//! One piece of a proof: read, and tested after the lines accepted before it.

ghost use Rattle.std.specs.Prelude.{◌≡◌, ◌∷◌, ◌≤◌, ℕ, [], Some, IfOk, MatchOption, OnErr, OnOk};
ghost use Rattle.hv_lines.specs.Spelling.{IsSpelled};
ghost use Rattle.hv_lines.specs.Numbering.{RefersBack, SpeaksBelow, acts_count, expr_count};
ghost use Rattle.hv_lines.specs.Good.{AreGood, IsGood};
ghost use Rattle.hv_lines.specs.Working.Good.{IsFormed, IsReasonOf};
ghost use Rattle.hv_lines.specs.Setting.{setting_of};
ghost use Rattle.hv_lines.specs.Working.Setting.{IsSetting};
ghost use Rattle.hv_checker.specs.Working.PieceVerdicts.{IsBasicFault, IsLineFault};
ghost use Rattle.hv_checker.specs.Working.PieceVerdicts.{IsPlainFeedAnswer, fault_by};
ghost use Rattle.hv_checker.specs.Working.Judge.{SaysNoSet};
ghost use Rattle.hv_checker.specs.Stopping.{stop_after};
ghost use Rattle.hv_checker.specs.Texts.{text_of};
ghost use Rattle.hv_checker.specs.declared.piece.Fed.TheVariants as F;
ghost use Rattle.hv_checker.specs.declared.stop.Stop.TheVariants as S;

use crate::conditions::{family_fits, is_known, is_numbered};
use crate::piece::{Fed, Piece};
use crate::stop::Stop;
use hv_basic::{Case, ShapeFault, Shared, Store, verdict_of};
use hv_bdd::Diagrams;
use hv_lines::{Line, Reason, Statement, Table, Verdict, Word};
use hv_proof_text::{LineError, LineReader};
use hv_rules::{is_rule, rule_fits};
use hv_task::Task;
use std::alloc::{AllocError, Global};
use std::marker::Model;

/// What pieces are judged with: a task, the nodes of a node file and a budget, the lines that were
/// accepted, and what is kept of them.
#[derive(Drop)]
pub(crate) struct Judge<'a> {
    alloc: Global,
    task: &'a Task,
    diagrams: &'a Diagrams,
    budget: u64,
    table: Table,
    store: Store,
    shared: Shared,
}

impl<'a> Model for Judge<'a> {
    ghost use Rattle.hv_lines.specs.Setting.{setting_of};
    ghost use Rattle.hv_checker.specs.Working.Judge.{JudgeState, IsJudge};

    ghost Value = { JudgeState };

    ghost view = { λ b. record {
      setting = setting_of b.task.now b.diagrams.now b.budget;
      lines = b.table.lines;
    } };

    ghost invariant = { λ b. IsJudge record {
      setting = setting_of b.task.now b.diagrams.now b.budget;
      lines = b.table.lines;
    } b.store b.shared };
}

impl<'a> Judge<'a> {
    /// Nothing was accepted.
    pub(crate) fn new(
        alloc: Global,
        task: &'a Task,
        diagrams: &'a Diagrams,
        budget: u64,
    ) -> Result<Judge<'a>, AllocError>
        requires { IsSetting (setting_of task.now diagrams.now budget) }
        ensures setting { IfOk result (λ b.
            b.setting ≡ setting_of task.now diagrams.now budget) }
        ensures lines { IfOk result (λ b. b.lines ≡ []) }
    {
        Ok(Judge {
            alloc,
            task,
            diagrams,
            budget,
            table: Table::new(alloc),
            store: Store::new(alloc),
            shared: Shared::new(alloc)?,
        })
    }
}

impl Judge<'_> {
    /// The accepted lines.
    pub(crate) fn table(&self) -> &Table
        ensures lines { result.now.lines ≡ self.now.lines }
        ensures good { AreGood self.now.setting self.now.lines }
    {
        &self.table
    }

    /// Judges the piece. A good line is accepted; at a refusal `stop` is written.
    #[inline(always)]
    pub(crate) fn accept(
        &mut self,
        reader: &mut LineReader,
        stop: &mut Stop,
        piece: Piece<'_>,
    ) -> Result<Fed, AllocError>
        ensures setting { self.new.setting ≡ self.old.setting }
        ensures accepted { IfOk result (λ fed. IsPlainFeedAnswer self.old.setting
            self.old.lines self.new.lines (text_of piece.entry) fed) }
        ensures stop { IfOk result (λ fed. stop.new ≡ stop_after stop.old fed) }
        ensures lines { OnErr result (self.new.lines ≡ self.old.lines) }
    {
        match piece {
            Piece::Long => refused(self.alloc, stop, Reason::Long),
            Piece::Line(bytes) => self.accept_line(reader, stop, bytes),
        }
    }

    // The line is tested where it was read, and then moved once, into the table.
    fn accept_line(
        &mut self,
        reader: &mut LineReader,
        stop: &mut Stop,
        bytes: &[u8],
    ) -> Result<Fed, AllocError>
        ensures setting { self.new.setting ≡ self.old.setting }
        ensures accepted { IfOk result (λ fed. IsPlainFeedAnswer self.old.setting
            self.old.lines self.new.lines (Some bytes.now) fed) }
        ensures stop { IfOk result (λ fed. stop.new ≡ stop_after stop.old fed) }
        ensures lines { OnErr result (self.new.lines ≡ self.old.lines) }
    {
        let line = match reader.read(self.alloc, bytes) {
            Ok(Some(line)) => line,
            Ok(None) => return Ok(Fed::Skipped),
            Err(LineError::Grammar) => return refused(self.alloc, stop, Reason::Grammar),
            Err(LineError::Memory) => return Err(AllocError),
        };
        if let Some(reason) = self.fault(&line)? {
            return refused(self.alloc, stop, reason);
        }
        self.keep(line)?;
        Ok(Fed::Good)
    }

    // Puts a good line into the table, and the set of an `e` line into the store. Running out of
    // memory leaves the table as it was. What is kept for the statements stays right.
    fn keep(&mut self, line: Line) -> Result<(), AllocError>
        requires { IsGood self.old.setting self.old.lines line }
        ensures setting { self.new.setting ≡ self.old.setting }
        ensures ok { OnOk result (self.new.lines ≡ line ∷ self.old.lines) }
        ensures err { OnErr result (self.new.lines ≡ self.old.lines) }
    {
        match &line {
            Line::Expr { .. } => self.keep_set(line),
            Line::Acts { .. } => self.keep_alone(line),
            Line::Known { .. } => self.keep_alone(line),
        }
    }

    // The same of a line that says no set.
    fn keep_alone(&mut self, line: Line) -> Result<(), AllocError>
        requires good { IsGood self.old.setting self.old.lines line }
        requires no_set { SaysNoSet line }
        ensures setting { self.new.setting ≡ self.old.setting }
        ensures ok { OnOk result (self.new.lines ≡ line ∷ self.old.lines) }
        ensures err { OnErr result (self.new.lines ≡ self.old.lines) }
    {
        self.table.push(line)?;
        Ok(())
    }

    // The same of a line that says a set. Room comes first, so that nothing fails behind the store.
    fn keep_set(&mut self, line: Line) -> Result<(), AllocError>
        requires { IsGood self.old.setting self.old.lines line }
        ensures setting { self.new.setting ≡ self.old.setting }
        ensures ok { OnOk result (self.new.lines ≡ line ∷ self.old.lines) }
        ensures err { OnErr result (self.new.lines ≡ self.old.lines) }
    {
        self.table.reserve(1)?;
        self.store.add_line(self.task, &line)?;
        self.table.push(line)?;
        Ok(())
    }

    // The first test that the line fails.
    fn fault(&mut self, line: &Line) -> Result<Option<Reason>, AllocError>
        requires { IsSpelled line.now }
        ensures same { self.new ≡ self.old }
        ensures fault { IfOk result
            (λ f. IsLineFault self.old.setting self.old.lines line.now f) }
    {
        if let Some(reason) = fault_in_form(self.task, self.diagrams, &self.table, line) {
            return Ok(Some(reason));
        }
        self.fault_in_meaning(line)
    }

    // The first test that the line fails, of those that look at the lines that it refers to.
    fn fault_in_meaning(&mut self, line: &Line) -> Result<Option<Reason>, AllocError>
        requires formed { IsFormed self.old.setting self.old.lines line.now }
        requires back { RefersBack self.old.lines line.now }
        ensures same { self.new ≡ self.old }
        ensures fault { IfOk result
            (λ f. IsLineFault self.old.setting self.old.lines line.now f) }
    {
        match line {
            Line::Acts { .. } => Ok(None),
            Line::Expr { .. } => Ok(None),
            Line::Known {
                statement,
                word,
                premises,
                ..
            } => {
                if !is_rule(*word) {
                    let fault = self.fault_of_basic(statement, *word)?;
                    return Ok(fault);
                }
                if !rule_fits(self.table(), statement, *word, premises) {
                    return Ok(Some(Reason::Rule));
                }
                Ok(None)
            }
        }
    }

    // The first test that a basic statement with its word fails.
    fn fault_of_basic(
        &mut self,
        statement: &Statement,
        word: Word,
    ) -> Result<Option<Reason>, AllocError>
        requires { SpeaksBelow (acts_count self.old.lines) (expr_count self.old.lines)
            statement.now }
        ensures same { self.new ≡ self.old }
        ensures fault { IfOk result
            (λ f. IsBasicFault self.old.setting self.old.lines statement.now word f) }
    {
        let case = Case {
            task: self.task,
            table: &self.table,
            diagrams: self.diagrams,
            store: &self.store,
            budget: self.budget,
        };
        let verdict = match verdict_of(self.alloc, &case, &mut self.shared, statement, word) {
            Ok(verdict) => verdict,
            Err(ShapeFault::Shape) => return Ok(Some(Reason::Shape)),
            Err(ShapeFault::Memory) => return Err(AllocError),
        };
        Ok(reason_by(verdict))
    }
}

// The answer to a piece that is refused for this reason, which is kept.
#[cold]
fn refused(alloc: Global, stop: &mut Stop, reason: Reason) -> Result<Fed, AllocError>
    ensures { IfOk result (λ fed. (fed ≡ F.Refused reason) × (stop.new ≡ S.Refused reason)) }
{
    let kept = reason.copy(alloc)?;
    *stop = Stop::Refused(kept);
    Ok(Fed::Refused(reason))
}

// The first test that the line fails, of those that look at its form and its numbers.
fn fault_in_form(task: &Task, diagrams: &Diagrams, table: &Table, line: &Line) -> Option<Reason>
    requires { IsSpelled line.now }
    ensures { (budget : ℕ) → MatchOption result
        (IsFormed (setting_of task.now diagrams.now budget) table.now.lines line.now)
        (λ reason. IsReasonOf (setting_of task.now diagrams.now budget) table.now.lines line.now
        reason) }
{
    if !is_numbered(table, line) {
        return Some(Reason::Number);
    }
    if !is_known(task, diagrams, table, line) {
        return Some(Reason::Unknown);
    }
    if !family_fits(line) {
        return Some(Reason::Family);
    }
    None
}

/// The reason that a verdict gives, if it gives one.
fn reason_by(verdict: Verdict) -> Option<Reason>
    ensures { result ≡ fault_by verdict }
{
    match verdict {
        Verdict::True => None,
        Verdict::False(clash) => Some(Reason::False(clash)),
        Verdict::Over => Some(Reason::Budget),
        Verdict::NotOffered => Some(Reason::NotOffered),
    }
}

════════════════

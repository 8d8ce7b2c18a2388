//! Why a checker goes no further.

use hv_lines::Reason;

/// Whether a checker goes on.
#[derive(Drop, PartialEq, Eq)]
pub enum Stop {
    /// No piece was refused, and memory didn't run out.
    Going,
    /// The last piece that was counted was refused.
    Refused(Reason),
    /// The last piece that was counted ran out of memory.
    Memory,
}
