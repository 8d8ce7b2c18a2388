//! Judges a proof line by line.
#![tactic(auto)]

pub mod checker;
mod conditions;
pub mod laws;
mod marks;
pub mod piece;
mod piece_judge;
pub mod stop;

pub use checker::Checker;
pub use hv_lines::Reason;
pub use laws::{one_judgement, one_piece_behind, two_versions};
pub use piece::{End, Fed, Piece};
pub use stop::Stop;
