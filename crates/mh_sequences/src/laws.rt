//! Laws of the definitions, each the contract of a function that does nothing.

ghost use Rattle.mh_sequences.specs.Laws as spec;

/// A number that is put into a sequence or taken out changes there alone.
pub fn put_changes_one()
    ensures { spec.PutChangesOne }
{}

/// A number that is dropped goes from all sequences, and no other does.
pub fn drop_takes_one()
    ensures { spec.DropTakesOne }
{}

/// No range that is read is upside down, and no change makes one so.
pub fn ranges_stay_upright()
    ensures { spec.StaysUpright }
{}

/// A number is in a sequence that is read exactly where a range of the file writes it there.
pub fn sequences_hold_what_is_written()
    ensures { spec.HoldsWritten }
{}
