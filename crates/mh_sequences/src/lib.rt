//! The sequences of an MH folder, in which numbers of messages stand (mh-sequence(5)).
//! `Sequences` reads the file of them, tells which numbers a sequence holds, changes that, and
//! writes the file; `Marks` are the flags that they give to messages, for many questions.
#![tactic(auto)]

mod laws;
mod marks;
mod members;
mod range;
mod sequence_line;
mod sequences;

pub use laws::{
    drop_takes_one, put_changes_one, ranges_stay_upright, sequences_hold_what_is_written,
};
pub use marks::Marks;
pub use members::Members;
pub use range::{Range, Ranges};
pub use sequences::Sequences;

════════════════

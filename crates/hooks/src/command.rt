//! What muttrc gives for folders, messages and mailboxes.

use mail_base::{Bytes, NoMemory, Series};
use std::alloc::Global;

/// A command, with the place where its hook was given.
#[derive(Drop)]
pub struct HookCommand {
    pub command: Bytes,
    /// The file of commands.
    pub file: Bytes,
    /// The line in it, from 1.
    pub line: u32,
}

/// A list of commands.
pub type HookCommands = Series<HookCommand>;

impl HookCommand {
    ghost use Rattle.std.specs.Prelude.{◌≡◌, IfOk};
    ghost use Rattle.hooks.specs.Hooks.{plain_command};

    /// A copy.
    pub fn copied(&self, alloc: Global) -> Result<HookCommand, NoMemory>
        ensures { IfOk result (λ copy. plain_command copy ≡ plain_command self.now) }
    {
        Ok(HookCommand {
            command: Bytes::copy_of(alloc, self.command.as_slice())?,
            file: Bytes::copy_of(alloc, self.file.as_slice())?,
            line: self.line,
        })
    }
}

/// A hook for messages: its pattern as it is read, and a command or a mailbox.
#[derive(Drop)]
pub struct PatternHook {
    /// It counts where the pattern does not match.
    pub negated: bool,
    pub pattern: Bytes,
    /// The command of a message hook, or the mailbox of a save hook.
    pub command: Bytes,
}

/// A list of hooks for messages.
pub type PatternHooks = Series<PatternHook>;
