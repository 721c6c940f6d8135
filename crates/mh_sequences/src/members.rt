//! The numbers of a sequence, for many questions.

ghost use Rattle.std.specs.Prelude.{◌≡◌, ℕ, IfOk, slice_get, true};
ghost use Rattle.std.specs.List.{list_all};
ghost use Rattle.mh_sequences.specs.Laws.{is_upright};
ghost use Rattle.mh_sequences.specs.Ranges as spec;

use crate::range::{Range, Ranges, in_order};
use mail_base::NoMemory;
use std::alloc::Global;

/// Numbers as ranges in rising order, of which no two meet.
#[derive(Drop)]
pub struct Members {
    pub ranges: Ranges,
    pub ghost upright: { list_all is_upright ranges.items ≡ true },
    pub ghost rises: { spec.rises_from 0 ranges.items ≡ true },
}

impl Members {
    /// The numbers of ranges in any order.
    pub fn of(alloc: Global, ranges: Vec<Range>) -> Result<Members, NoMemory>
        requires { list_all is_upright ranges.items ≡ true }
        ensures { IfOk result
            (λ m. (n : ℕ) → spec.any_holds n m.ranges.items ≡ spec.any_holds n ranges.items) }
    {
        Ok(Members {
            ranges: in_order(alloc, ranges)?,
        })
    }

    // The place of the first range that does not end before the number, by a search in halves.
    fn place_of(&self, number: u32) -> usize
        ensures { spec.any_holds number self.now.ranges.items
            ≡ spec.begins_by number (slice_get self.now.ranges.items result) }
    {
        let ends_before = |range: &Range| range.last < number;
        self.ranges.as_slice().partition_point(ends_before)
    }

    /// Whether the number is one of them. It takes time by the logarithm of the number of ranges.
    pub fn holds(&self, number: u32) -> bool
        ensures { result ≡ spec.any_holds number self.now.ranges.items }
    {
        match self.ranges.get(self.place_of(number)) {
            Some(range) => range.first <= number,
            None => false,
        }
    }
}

════════════════

* Required action
Scan the material above for lines holding "PieceVerdicts" and copy each of them.

* Response for this exercise
ghost use Rattle.hv_checker.specs.Working.PieceVerdicts.{IsBasicFault, IsLineFault};
ghost use Rattle.hv_checker.specs.Working.PieceVerdicts.{IsPlainFeedAnswer, fault_by};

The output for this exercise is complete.